A受審人は、抜錨時から単独で船橋当直に就き、御前埼を経て遠州灘に出たところ、北西風が強く時化模様であったため、陸岸寄りの進路をとることにし、12時05分御前埼灯台から180度(真方位、以下同じ。)2.1海里の地点において、針路を280度に定め、機関を全速力前進にかけ、10.4ノットの対地速力で、自動操舵により進行し、13時50分掛塚灯台から132度3.4海里の地点に達して、針路を270度に転じた。
ところが、そのころ、船首方向から西日が差すようになって、操舵室前面の窓ガラスに打ち上げた波しぶきが乾いて白く曇り、前方が見えにくくなっており、真水で洗い流して見通しをよくしたうえで見張りに当たらないと、接近する他船を見落とすおそれのある状況となっていた。

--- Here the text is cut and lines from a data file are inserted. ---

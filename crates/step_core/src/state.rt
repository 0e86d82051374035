//! The whole state, queries of it, and one step of it.
ghost use Rattle.std.specs.Prelude.{ℕ, Ok, true, ◌≡◌, ◌&&◌, ◌<◌, ◌≤◌, ◌^◌, ◌↔◌, length, find, IfOk, OnOk, OnErr, IsNone, IfNone, IfSome, option_copied};
ghost use Rattle.std.specs.Arc.{arc_value};
ghost use Rattle.std.specs.List.{list_all};
ghost use Rattle.lsp_base.specs.Shares.{unreserved};
ghost use Rattle.step_core.specs.States.{empty, is_up, is_queued, has_waiting};
ghost use Rattle.step_core.specs.Consistent.{AreFree, IsConsistent, has_srps_left};
ghost use Rattle.step_core.specs.Bases.{MayStand, known_in, state_over};
ghost use Rattle.step_core.specs.Steps.{step};
ghost use Rattle.step_core.specs.Laws.{peer_of, OthersStay, CountsRise};
ghost use Rattle.step_core.specs.Sound.{IsSoundGrant};
ghost use Rattle.step_core.specs.Names.{is_of_grant};
ghost use Rattle.te_snapshot.specs.Network.{network_of};
ghost use Rattle.te_snapshot.specs.Own.{own_shares};
ghost use Rattle.ticket_table.specs.Tickets.{is_update_asked};

use crate::base::{Base, copies};
use crate::event::{Event, Reply};
use crate::names::AwaitedName;
use crate::network::Network;
use crate::peer::Peer;
use crate::peer_list::PeerList;
use commit_core::Ticket;
use lsp_base::{LspBase, Tunnel};
use pcep_objects::Plsp;
use pcep_word::Priority;
use sequence::Sequence;
use std::alloc::{AllocError, Global};
use std::marker::Model;
use std::sync::Arc;
use te_base::{LinkNumber, TeBase};
use te_snapshot::{OwnShares, Topology};
use ticket_table::TicketTable;

mod asks;
mod grants;
mod over;
mod reloads;
mod reports;
mod requests;
mod sessions;

/// The tables of what the database knows at one moment, and what each event does to them.
#[derive(Drop)]
struct Tables {
    alloc: Global,
    network: Network,
    peers: PeerList,
    tickets: TicketTable,
    changes: u64,
    last_session: u64,
}

impl Model for Tables {
    ghost use Rattle.step_core.specs.States.{State as Known};

    ghost Value = { Known };

    ghost view = { λ s. record {
      te = s.network.te;
      base = s.network.base;
      names = s.network.names;
      peers = s.peers;
      tickets = s.tickets.tickets;
      changes = s.changes;
      last_session = s.last_session;
      last_ticket = s.tickets.last;
    } };
}

impl Tables {
    /// Makes tables of a network of which nothing was reported yet. Drops the links and nodes if memory runs out.
    fn new(alloc: Global, te: TeBase) -> Result<Tables, AllocError>
        ensures { IfOk result (λ tables. tables ≡ empty te) }
    {
        Ok(Tables {
            alloc,
            network: Network::new(alloc, te)?,
            peers: PeerList::new(alloc)?,
            tickets: TicketTable::new(alloc),
            changes: 0,
            last_session: 0,
        })
    }

    /// Takes one event. `are_free` says that the SRP-ID which each peer is given next is free.
    #[tactic(auto, unfolding(crate::specs::Steps::step))]
    fn step(&mut self, event: &Event, are_free: bool) -> Result<Reply, AllocError>
        requires changes { self.old.changes < 2 ^ 62 }
        requires sessions { self.old.last_session < 2 ^ 62 }
        requires tickets { self.old.last_ticket < 2 ^ 62 }
        requires consistent { IsConsistent self.old }
        requires free { are_free ≡ true → AreFree self.old }
        ensures reply { IfOk result (λ reply. reply ≡ (step self.old event.now).reply) }
        ensures state { OnOk result (self.new ≡ (step self.old event.now).state) }
        ensures unchanged_without_memory { OnErr result (self.new ≡ self.old) }
    {
        match event {
            Event::Up { peer, capabilities } => self.up(*peer, *capabilities),
            Event::Report { peer, report } => self.report(*peer, report),
            Event::Marker { peer } => self.marker(*peer),
            Event::Down { peer } => self.down(*peer),
            Event::Expire { peer } => self.expire(*peer),
            Event::Ask { peer, purpose } => self.ask(*peer, purpose),
            Event::Take => self.take(),
            Event::Commit { ticket, offer } => self.commit(*ticket, offer, are_free),
            Event::Drain { peer } => Ok(self.drain(*peer)),
            Event::Refused { peer, srp } => self.refused(*peer, *srp),
            Event::Return { peer, plsp } => self.give_back(*peer, *plsp, are_free),
            Event::Delete { peer, plsp } => self.delete(*peer, *plsp, are_free),
            Event::Reload { links } => Ok(self.reload(links.as_slice())),
        }
    }

    /// Copies what is known into plain lists.
    fn copy(&self) -> Result<Base, AllocError>
        ensures { IfOk result (λ base. base ≡ known_in self.now) }
    {
        Ok(Base {
            values: Sequence::from_vec(self.network.te_base().values(self.alloc)?),
            paths: copies(self.alloc, self.network.lsps().paths())?,
            records: copies(self.alloc, self.network.lsps().records())?,
            names: copies(self.alloc, self.network.names())?,
            peers: copies(self.alloc, self.peers.as_slice())?,
            tickets: Sequence::from_vec(self.tickets.copies(self.alloc)?),
            changes: self.changes,
            last_session: self.last_session,
            last_ticket: self.tickets.last(),
        })
    }

    /// Tests whether no peer was given the greatest SRP-ID.
    fn have_srps_left(&self) -> bool
        ensures { result ≡ list_all has_srps_left self.now.peers }
    {
        self.peers.have_srps_left()
    }

    fn unreserved(&self, link: LinkNumber, priority: Priority) -> Option<i64>
        ensures no_such_link { IsNone result ↔ (length self.now.te.links ≤ link) }
        ensures left { IfSome result (λ left. left ≡ unreserved self.now.te.links self.now.base.paths link priority) }
    {
        self.network.unreserved(link, priority)
    }

    fn is_up(&self, peer: u32) -> bool
        ensures { result ≡ is_up self.now peer }
    {
        match self.peers.find(peer) {
            Some(known) => known.up,
            None => false,
        }
    }

    fn waiting(&self) -> bool
        ensures { result ≡ has_waiting self.now }
    {
        self.tickets.first_waiting().is_some()
    }

    fn queued(&self, peer: u32) -> bool
        ensures { result ≡ is_queued self.now peer }
    {
        match self.peers.find(peer) {
            Some(known) => !known.outgoing.is_empty(),
            None => false,
        }
    }

    fn te_base(&self) -> &TeBase
        ensures { result.now ≡ self.now.te }
    {
        self.network.te_base()
    }

    fn lsps(&self) -> &LspBase
        ensures { result.now.content ≡ self.now.base }
    {
        self.network.lsps()
    }

    fn name_of_grant(&self, peer: u32, srp: u32) -> Option<&AwaitedName>
        ensures { option_copied result ≡ find (is_of_grant peer srp) self.now.names }
    {
        self.network.name_of_grant(peer, srp)
    }

    fn is_update_asked(&self, peer: u32, plsp: Plsp) -> bool
        ensures { result ≡ is_update_asked self.now.tickets peer plsp }
    {
        self.tickets.is_update_asked(peer, plsp)
    }

    fn shares_of(&self, tunnel: &Tunnel) -> Result<OwnShares, AllocError>
        ensures { IfOk result (λ own. own ≡ own_shares self.now.base.paths tunnel.now (length self.now.te.links)) }
    {
        self.network.shares_of(tunnel)
    }

    fn topology_now(&self) -> Result<Arc<Topology, Global>, AllocError>
        ensures { IfOk result (λ topology. arc_value topology ≡ network_of self.now.te) }
    {
        self.network.topology_now()
    }

    fn peers(&self) -> &[Peer]
        ensures { result.now ≡ self.now.peers }
    {
        self.peers.as_slice()
    }

    fn ticket_count(&self) -> usize
        ensures { result ≡ length self.now.tickets }
    {
        self.tickets.len()
    }

    fn copy_tickets(&self, alloc: Global) -> Result<Vec<Ticket>, AllocError>
        ensures { IfOk result (λ copies. copies.items ≡ self.now.tickets) }
    {
        self.tickets.copies(alloc)
    }
}

/// Tests whether the SRP-IDs that the peers are given next are above their last ones, if they were so far.
fn do_srps_rise(rose: bool, tables: &Tables) -> bool
    ensures { result ≡ (rose && list_all has_srps_left tables.now.peers) }
{
    rose && tables.have_srps_left()
}

/// What the database knows at one moment. A contract sees its lists. For every value of `State` they are consistent.
#[derive(Drop)]
pub struct State {
    tables: Tables,
    /// True only if no peer was ever given the greatest SRP-ID, so none in use is above the last that its peer was given.
    /// This isn't known of a state that was read.
    srps_rise: bool,
}

impl Model for State {
    ghost use Rattle.std.specs.Prelude.{◌≡◌, true};
    ghost use Rattle.step_core.specs.Consistent.{IsConsistent, NoneAbove};
    ghost use Rattle.step_core.specs.States.{State as Known};

    ghost Value = { Known };

    ghost view = { λ s. s.tables };

    ghost invariant = { λ s. IsConsistent s.tables × (s.srps_rise ≡ true → NoneAbove s.tables) };
}

impl State {
    /// Makes the state of a network of which nothing was reported yet. Drops the links and nodes if memory runs out.
    pub fn new(alloc: Global, te: TeBase) -> Result<State, AllocError>
        ensures { IfOk result (λ state. state ≡ empty te) }
    {
        Ok(State {
            tables: Tables::new(alloc, te)?,
            srps_rise: true,
        })
    }

    /// Makes the state that knows what was read, over a network of these nodes and links. `None` if it may not stand.
    pub fn over(alloc: Global, te: TeBase, base: Base) -> Result<Option<State>, AllocError>
        ensures made { IfOk result (λ made. IfSome made (λ state. state ≡ state_over te base)) }
        ensures stands { IfOk result (λ made. IfSome made (λ _. MayStand te base)) }
        ensures refused { IfOk result (λ made. IfNone made (MayStand te base → ⊥)) }
    {
        match Tables::over(alloc, te, base)? {
            Some(tables) => Ok(Some(State {
                tables,
                srps_rise: false,
            })),
            None => Ok(None),
        }
    }

    /// Takes one event. It makes all the room that it needs before it changes anything.
    pub fn step(&mut self, event: &Event) -> Result<Reply, AllocError>
        requires changes { self.old.changes < 2 ^ 62 }
        requires sessions { self.old.last_session < 2 ^ 62 }
        requires tickets { self.old.last_ticket < 2 ^ 62 }
        ensures reply { IfOk result (λ reply. reply ≡ (step self.old event.now).reply) }
        ensures state { OnOk result (self.new ≡ (step self.old event.now).state) }
        ensures unchanged_without_memory { OnErr result (self.new ≡ self.old) }
        ensures consistent { IsConsistent self.new }
        ensures others_stay { OthersStay (peer_of self.old event.now) self.old self.new }
        ensures counts_rise { CountsRise self.old self.new }
        ensures sound { (srp : ℕ) → result ≡ Ok (Reply.Granted srp) → IsSoundGrant self.old event.now self.new }
    {
        let rise = do_srps_rise(self.srps_rise, &self.tables);
        self.srps_rise = rise;
        self.tables.step(event, rise)
    }

    /// Computes what is left on a link at a priority, in bytes per second: the reservable bandwidth, minus the sum over
    /// tunnels of the greatest bandwidth of the tunnel's paths there that are held at that priority or a better one. It
    /// is below zero if more is reported than the link can carry. `None` if there is no such link. Allocates nothing.
    pub fn unreserved(&self, link: LinkNumber, priority: Priority) -> Option<i64>
        ensures no_such_link { IsNone result ↔ (length self.now.te.links ≤ link) }
        ensures left { IfSome result (λ left. left ≡ unreserved self.now.te.links self.now.base.paths link priority) }
    {
        self.tables.unreserved(link, priority)
    }

    /// Tests whether a session of the peer is up.
    pub fn is_up(&self, peer: u32) -> bool
        ensures { result ≡ is_up self.now peer }
    {
        self.tables.is_up(peer)
    }

    /// Tests whether a ticket waits to be searched for.
    pub fn waiting(&self) -> bool
        ensures { result ≡ has_waiting self.now }
    {
        self.tables.waiting()
    }

    /// Tests whether messages wait to be sent to the peer.
    pub fn queued(&self, peer: u32) -> bool
        ensures { result ≡ is_queued self.now peer }
    {
        self.tables.queued(peer)
    }

    /// Lends the links and nodes.
    pub fn te_base(&self) -> &TeBase
        ensures { result.now ≡ self.now.te }
    {
        self.tables.te_base()
    }

    /// Lends the paths and the records of LSPs.
    pub fn lsps(&self) -> &LspBase
        ensures { result.now.content ≡ self.now.base }
    {
        self.tables.lsps()
    }

    /// Finds the name that the LSP of the peer's grant of an SRP-ID is to have, until a report binds the grant.
    pub fn name_of_grant(&self, peer: u32, srp: u32) -> Option<&AwaitedName>
        ensures { option_copied result ≡ find (is_of_grant peer srp) self.now.names }
    {
        self.tables.name_of_grant(peer, srp)
    }

    /// Tests whether there is a ticket that updates the LSP.
    pub fn is_update_asked(&self, peer: u32, plsp: Plsp) -> bool
        ensures { result ≡ is_update_asked self.now.tickets peer plsp }
    {
        self.tables.is_update_asked(peer, plsp)
    }

    /// Lists what a tunnel reserves already on each link, as a search for an update of its LSP takes it.
    pub fn shares_of(&self, tunnel: &Tunnel) -> Result<OwnShares, AllocError>
        ensures { IfOk result (λ own. own ≡ own_shares self.now.base.paths tunnel.now (length self.now.te.links)) }
    {
        self.tables.shares_of(tunnel)
    }

    /// Returns the network with the current links: that of the last snapshot, or a new one if a link has other values
    /// since.
    pub fn topology_now(&self) -> Result<Arc<Topology, Global>, AllocError>
        ensures { IfOk result (λ topology. arc_value topology ≡ network_of self.now.te) }
    {
        self.tables.topology_now()
    }

    /// Lends the peers in the order in which they came, with their sessions and what waits to be sent to each.
    pub fn peers(&self) -> &[Peer]
        ensures { result.now ≡ self.now.peers }
    {
        self.tables.peers()
    }

    /// Counts the tickets.
    pub fn ticket_count(&self) -> usize
        ensures { result ≡ length self.now.tickets }
    {
        self.tables.ticket_count()
    }

    /// Copies the tickets, in rising order of their numbers.
    pub fn copy_tickets(&self, alloc: Global) -> Result<Vec<Ticket>, AllocError>
        ensures { IfOk result (λ copies. copies.items ≡ self.now.tickets) }
    {
        self.tables.copy_tickets(alloc)
    }

    /// Copies what is known into plain lists.
    pub fn copy(&self) -> Result<Base, AllocError>
        ensures { IfOk result (λ base. base ≡ known_in self.now) }
    {
        self.tables.copy()
    }

    /// Shows that what is known may stand over the network. So what `copy` returned is never refused when it is read
    /// again. It does nothing.
    pub fn what_stands_may_stand(&self)
        ensures { MayStand self.now.te (known_in self.now) }
    {
        let _few = self.tables.lsps().paths();
    }
}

A受審人は、操舵室左舷前部の椅子に腰を掛けて操船に当たり、時折、レーダーで陸岸との距離を測定しながら進行し、15時00分舞阪灯台から176度4.0海里の地点において、ほぼ正船首1.2海里のところに、漁ろうに従事している船舶が表示する形象物(以下「鼓形形象物」という。)を掲げた漁ろう中の長榮丸を視認し得る状況であったが、海上は時化模様なので漁船は出漁していないものと思い、このころ舞阪灯台を右舷正横に並航した旨日誌に記入し、転針予定地点に近づき、レーダーで船位を確認することに専念していたことから、時折、見えにくくなっていた窓越しに前方を見るだけで、同窓を真水で洗い流して見通しをよくするなり、レーダーを有効に活用するなどして、前路の見張りを十分に行なわず、その後衝突のおそれのある態勢で接近していたことに気付かないまま、続航した。

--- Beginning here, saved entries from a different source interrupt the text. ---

//! PCEP over one connection, and an operator's lines. All of it runs over any reader, writer, watch and store, on one
//! thread.
//!
//! `connection` is one connection. However it ends, the peer's Down is submitted before it returns, or a fault of the
//! store says that it wasn't. Every other call, and all that the store is shown, is named by the engine's table for
//! this peer and the bytes that came (`specs/Connections`). Its result says why the session ended. `operate` is an
//! operator: each line asks for at most one thing (`specs/Requests`), which is done once and answered
//! (`specs/Operators`). The layers below prove what a session makes of bytes and what a step does. `PolledSocket` is a
//! peer's socket as a reader whose wait another thread may end; `PolledInput` and `PolledOutput` are standard input and
//! output. Only tests show that they deliver.
//!
//! ```text
//! fn ends_by_line<R: Wait, D: Show, I: TimedRead, O: Write, W: Watch, P: Plan>(rt: &R, alloc: Global, reader: &mut I, writer: &mut O, watch: &W, plan: &P, store: &mut D) -> bool
//! {
//!     operate(rt, alloc, reader, writer, watch, plan, store) == Ok(OperatorEnd::EndAsked)
//! }
//! ```
//!
//! The modules, lowest first: `traits` (what a connection needs from its surroundings), `talk` (a connection),
//! `socket`, `terminal`, `input`, `requests` (what a line asks for), `pending` (a line that hasn't ended),
//! `reload_check` (what a reload would change), `commands` (what a line does), `operator`.
#![tactic(auto)]

mod commands;
mod input;
mod operator;
mod output;
mod pending;
mod plan;
mod reload_check;
mod requests;
mod show;
mod socket;
mod talk;
mod terminal;
mod traits;

pub use input::PolledInput;
pub use operator::{OperatorEnd, operate};
pub use output::PolledOutput;
pub use plan::{Plan, PlanFault};
pub use requests::LINE_LIMIT;
pub use show::Show;
pub use socket::{ACCEPT_WAIT_MS, PolledSocket, bound_accepts, linger_close, peer_of, prepare};
pub use talk::{ConnectionEnd, Ended, TAKEN_WITHIN_MS, connection};
pub use traits::{TimedRead, Watch};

こうしてA受審人は、長榮丸の進路を避けることなく進行し、15時10分少し前、船首至近に迫った長榮丸を初めて認め、衝突の危険を感じて、直ちに左舵をとったものの、その効なく、15時10分舞阪灯台から200度4.2海里の地点において、弘陽丸は、原針路、原速力のまま、その船首が、長榮丸の船尾に後方から右舷側に2度の角度で衝突した。
当時、天候は晴で風力5の北西風が吹き、視界は良好であった。
また、長榮丸は、船尾に櫓(やぐら)を備えた、専ら小型機船底びき網漁業に従事する軽合金製漁船で、B受審人ほか2人が乗り組み、操業の目的で、船首0.35メートル船尾1.50メートルの喫水をもって、同月17日02時愛知県西幡豆漁港を発し、静岡県浜名港沖合の漁場に向かった。

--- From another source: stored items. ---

/// Hangs up, and again after a fault. The list of the store then has only the calls of that.
fn leave<D: ServerStore>(talk: &mut Talk, store: &mut D) -> Result<(), Fault>
    ensures { (start : D) (deeds : List Deed) → Goes D.Store start deeds store.old
        → Leaves result D.Store talk.old.peer talk.old.client.joined start deeds store.new }
{
    let mut last = Fault::OutOfMemory;
    for _try in 0..HANG_UPS {
        store.forget();
        match hang_up(&mut talk.client, talk.peer, store) {
            Ok(()) => return Ok(()),
            Err(fault) => {
                make_room(store);
                last = fault;
            }
        }
    }
    Err(last)
}

fn talk_on<R: Wait, I: TimedRead, O: Write, W: Watch, D: ServerStore>(
    rt: &R,
    talk: &mut Talk,
    reader: &mut I,
    writer: &mut O,
    watch: &W,
    store: &mut D,
) -> Ended
    ensures silent { talk.new.client.session.output ≡ [] }
    ensures peer { talk.new.peer ≡ talk.old.peer }
    ensures ended { (start : D) (unread blank : Option (List ℕ))
        → SoFar D.Store (watch_of W.Watch watch.now) talk.old.peer start unread blank None store.old (I.remaining reader.old) (O.contents writer.old) talk.old.served_ms talk.old.client
        → SoFar D.Store (watch_of W.Watch watch.now) talk.old.peer start unread blank (Some result) store.new (I.remaining reader.new) (O.contents writer.new) talk.new.served_ms talk.new.client }
{
    let mut buffer = [0u8; PIECE];
    if let Some(ended) = answer(talk, &[], writer, watch, store) {
        return ended;
    }
    for _ in rt.forever() {
        if let Some(ended) = turn(talk, &mut buffer, reader, writer, watch, store) {
            return ended;
        }
    }
    unreachable!()
}

/// Reads once, serves what came, and writes what the session has to send. Returns the end, if it has come. If nothing
/// came and nothing is due, the store's list is emptied once more, by which a seat drops its receipts of rolled steps.
fn turn<I: TimedRead, O: Write, W: Watch, D: ServerStore>(
    talk: &mut Talk,
    buffer: &mut [u8],
    reader: &mut I,
    writer: &mut O,
    watch: &W,
    store: &mut D,
) -> Option<Ended>
    requires room { 0 < length buffer.old }
    requires open { is_closed talk.old.client.session.state ≡ false }
    ensures open { result ≡ None → is_closed talk.new.client.session.state ≡ false }
    ensures silent { talk.old.client.session.output ≡ [] → talk.new.client.session.output ≡ [] }
    ensures peer { talk.new.peer ≡ talk.old.peer }
    ensures turned { (start : D) (unread blank : Option (List ℕ))
        → SoFar D.Store (watch_of W.Watch watch.now) talk.old.peer start unread blank None store.old (I.remaining reader.old) (O.contents writer.old) talk.old.served_ms talk.old.client
        → SoFar D.Store (watch_of W.Watch watch.now) talk.old.peer start unread blank result store.new (I.remaining reader.new) (O.contents writer.new) talk.new.served_ms talk.new.client }
{
    if watch.is_closing() {
        close(talk);
        return say(talk, writer, watch);
    }
    wait_for_timer(talk, reader, watch);
    let heard = hear(reader, buffer);
    match heard {
        Heard::Ended(ended) => Some(ended),
        Heard::Bytes(count) => answer(talk, &buffer[..count], writer, watch, store),
        Heard::Nothing => {
            if look_if_due(talk, watch, store) {
                return answer_due(talk, reader, writer, watch, store);
            }
            store.forget();
            None
        }
    }
}

/// Serves the session because something is due: messages wait for the peer, or a timer is due. What can be read is
/// served first, since the wait may have been interrupted: a timer acts only if nothing came.
fn answer_due<I: TimedRead, O: Write, W: Watch, D: ServerStore>(
    talk: &mut Talk,
    reader: &mut I,
    writer: &mut O,
    watch: &W,
    store: &mut D,
) -> Option<Ended>
    requires open { is_closed talk.old.client.session.state ≡ false }
    ensures open { result ≡ None → is_closed talk.new.client.session.state ≡ false }
    ensures silent { talk.old.client.session.output ≡ [] → talk.new.client.session.output ≡ [] }
    ensures peer { talk.new.peer ≡ talk.old.peer }
    ensures turned { (start : D) (unread blank : Option (List ℕ))
        → SoFar D.Store (watch_of W.Watch watch.now) talk.old.peer start unread blank None store.old (I.remaining reader.old) (O.contents writer.old) talk.old.served_ms talk.old.client
        → SoFar D.Store (watch_of W.Watch watch.now) talk.old.peer start unread blank result store.new (I.remaining reader.new) (O.contents writer.new) talk.new.served_ms talk.new.client }
{
    let mut buffer = [0u8; PIECE];
    match hear_at_once(reader, &mut buffer) {
        Heard::Ended(ended) => Some(ended),
        Heard::Bytes(count) => answer(talk, &buffer[..count], writer, watch, store),
        Heard::Nothing => answer(talk, &[], writer, watch, store),
    }
}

B受審人は、04時30分ごろ同漁場に到着し、自ら操船及び操業の指揮に当たり、操舵室上部のマストに鼓形形象物を掲げ、船尾甲板に設置されたリールウインチから、引き綱を船尾両舷側にそれぞれ繰り出し、これと網口に開口板を取り付けた袖網及び袋網を連結した漁具を使用して、トロールにより1回に約1時間15分を要する操業を数回行い、あじやかますなど約300キログラムを漁獲したところで、14時10分舞阪灯台から157度4.5海里の地点において、引き綱を約650メートル繰り出し、袋網の後端までの長さを約800メートルとし、針路を水深約80メートルの等深線に沿った272度に定め、機関回転数毎分1,450として3.2ノットの対地速力で、手動操舵によりえい網を開始した。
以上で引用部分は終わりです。